*Your objective:* Report all lines in the records that hold the string "stand".

BEGIN Given information

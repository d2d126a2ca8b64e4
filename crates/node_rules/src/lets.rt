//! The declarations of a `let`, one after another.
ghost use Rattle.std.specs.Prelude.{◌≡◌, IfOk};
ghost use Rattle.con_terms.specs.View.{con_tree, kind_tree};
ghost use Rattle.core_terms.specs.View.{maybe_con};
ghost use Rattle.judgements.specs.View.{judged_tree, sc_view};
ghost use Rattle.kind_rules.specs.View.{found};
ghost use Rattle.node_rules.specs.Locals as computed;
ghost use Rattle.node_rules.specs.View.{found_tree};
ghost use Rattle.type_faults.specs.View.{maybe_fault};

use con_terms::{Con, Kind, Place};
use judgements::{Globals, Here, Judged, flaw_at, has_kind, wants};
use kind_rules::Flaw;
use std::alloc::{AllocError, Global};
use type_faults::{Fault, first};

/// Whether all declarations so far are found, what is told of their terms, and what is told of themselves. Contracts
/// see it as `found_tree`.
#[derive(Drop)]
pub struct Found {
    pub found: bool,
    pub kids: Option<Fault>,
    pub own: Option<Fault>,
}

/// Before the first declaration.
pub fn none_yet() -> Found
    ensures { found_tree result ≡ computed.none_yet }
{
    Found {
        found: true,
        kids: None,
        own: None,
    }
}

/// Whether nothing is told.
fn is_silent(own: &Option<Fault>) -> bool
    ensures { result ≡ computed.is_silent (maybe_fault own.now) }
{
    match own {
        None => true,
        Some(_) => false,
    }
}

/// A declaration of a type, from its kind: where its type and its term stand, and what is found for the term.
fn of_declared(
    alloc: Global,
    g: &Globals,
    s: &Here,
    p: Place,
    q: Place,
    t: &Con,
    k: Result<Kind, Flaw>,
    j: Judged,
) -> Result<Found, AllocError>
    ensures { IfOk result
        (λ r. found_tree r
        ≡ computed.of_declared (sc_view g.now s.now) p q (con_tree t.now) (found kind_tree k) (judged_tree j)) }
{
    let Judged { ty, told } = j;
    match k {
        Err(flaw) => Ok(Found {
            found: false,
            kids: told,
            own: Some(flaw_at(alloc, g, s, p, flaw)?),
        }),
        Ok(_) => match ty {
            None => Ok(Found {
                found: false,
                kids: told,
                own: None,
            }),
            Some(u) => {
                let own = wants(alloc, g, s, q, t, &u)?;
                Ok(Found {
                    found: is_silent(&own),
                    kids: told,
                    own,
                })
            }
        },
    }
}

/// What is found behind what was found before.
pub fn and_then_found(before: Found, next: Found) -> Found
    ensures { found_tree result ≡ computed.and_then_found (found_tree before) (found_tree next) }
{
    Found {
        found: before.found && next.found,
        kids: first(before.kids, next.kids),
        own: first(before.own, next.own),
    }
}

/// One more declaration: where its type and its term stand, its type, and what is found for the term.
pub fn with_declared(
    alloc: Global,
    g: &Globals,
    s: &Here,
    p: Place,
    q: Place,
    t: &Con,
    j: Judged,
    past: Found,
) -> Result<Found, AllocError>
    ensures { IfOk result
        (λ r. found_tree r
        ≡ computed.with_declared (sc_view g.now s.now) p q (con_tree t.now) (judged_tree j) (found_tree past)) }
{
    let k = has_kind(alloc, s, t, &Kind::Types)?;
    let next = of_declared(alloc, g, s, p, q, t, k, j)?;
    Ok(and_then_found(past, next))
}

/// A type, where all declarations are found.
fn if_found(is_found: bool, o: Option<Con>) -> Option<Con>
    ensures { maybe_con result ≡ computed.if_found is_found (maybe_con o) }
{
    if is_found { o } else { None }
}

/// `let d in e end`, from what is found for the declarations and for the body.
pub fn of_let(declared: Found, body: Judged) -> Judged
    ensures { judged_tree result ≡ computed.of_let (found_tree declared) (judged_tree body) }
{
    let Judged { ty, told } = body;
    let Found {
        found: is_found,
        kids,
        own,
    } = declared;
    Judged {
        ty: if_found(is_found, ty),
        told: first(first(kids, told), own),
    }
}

END Given information
BEGIN Given information

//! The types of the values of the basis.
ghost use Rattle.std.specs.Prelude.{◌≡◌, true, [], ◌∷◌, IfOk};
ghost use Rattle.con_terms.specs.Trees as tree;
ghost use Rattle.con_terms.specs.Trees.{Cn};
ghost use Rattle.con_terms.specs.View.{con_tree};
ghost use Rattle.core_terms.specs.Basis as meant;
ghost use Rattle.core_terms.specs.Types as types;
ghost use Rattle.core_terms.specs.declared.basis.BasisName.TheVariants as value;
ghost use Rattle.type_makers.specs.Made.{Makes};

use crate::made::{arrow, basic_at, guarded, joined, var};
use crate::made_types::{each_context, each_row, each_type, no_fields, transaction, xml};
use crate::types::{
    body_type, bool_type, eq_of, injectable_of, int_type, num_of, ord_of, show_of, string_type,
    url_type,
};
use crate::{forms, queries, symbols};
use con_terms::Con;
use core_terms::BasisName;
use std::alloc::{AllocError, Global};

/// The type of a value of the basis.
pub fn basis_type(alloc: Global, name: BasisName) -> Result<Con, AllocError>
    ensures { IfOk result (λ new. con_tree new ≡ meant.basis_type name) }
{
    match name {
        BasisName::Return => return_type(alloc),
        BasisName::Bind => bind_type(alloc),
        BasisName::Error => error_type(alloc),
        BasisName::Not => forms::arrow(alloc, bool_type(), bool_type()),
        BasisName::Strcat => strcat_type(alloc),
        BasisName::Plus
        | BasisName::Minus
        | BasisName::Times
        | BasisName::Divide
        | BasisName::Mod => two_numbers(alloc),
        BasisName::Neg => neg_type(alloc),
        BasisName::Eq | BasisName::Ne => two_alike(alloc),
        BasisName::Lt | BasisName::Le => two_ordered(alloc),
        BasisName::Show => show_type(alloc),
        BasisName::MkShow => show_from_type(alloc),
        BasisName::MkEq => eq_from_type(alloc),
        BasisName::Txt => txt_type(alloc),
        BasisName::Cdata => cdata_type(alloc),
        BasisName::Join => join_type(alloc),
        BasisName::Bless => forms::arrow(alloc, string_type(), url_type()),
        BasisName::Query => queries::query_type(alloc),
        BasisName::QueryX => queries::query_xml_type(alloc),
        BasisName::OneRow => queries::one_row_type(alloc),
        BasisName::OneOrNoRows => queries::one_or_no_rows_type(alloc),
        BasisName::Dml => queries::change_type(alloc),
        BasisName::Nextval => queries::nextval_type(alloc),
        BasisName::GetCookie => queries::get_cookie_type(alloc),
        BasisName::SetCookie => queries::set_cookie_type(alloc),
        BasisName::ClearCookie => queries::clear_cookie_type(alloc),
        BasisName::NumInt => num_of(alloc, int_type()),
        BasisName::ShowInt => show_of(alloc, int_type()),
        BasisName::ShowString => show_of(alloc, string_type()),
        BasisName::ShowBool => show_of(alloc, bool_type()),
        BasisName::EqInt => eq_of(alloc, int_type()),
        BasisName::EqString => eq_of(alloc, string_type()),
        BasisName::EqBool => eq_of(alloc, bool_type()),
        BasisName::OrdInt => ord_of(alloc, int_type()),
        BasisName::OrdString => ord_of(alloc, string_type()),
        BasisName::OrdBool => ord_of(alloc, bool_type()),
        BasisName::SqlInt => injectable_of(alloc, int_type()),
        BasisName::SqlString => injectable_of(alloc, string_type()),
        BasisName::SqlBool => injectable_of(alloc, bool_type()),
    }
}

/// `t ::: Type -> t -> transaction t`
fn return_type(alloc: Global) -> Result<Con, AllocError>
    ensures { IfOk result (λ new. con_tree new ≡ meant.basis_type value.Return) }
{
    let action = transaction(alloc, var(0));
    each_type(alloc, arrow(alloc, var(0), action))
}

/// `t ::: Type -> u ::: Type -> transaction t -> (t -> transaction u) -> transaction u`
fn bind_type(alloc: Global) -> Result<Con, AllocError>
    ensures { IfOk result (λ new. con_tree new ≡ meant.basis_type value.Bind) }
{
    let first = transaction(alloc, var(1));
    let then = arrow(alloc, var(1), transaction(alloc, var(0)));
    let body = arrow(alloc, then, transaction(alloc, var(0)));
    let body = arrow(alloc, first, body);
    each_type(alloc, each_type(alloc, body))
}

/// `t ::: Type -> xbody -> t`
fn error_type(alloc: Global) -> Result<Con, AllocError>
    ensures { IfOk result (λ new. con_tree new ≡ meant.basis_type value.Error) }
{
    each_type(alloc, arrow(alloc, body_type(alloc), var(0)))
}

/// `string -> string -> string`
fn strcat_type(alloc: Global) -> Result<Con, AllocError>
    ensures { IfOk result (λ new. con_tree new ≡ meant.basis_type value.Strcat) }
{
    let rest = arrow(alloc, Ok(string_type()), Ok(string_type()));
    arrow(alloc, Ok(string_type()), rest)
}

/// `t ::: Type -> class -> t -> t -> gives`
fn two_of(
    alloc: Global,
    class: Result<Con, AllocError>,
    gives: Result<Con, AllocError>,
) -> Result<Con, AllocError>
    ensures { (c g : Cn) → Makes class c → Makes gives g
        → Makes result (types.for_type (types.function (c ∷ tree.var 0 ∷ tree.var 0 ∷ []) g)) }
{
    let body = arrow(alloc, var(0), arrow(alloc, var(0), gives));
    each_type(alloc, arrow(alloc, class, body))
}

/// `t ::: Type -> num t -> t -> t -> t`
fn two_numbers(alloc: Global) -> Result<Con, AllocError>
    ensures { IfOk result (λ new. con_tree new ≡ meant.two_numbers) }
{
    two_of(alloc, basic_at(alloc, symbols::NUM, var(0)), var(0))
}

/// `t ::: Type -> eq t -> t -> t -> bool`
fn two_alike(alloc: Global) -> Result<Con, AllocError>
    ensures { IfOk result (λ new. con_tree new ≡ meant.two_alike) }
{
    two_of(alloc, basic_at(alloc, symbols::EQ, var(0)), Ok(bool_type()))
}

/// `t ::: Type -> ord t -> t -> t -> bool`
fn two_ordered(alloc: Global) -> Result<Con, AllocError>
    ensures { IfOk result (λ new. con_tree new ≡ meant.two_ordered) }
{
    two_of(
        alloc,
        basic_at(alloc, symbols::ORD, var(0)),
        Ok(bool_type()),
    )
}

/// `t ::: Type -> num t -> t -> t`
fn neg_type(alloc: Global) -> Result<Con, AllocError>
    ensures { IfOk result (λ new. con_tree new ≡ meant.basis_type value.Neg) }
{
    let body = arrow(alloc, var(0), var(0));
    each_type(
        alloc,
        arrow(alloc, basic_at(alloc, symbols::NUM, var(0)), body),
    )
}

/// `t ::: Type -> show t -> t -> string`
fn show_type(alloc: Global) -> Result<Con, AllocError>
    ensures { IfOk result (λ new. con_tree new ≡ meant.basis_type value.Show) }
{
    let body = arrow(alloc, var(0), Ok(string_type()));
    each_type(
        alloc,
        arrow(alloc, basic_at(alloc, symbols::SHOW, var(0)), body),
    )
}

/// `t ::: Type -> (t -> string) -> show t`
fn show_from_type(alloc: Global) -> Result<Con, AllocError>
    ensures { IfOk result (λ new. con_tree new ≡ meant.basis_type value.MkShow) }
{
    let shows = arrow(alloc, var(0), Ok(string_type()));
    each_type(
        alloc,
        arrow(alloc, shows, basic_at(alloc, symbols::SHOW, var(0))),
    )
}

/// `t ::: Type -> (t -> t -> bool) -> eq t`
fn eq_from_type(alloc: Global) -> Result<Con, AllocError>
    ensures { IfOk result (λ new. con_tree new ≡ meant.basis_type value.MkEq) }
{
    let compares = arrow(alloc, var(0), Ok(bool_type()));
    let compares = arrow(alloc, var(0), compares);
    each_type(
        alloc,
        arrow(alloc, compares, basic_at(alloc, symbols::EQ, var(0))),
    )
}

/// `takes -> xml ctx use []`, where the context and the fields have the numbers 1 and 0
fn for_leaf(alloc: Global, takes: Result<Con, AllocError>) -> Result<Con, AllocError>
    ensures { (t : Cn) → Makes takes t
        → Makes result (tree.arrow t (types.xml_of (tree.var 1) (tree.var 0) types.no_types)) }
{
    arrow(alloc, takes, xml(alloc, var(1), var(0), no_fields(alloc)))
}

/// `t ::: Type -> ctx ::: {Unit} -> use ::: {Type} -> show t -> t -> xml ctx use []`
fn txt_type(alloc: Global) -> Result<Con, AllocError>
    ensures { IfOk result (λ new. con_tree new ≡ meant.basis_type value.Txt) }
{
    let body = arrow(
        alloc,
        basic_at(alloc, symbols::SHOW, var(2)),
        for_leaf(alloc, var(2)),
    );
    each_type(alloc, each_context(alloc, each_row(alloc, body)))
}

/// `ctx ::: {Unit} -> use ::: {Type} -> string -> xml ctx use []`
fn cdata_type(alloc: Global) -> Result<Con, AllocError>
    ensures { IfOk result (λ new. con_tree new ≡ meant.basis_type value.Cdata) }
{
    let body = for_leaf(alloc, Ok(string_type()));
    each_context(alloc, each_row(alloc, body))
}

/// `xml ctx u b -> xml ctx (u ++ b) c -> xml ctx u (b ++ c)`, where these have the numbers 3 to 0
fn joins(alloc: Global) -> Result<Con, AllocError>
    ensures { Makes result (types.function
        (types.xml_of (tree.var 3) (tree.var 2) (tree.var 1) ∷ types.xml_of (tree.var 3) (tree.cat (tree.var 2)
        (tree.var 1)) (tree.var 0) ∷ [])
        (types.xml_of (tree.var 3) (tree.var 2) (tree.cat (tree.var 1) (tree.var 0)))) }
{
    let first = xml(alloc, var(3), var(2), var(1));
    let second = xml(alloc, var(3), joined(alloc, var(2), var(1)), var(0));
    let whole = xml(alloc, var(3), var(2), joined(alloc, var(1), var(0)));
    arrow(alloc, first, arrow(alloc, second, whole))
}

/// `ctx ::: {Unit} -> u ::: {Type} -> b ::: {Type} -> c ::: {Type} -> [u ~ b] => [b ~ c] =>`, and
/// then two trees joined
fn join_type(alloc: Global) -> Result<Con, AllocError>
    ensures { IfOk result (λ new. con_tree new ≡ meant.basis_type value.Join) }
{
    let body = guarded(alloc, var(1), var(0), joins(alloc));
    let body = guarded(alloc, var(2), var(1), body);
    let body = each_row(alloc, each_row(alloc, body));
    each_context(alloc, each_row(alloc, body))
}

END Given information

*Expected answer:*
/// A declaration of a type, from its kind: where its type and its term stand, and what is found for the term.
/// One more declaration: where its type and its term stand, its type, and what is found for the term.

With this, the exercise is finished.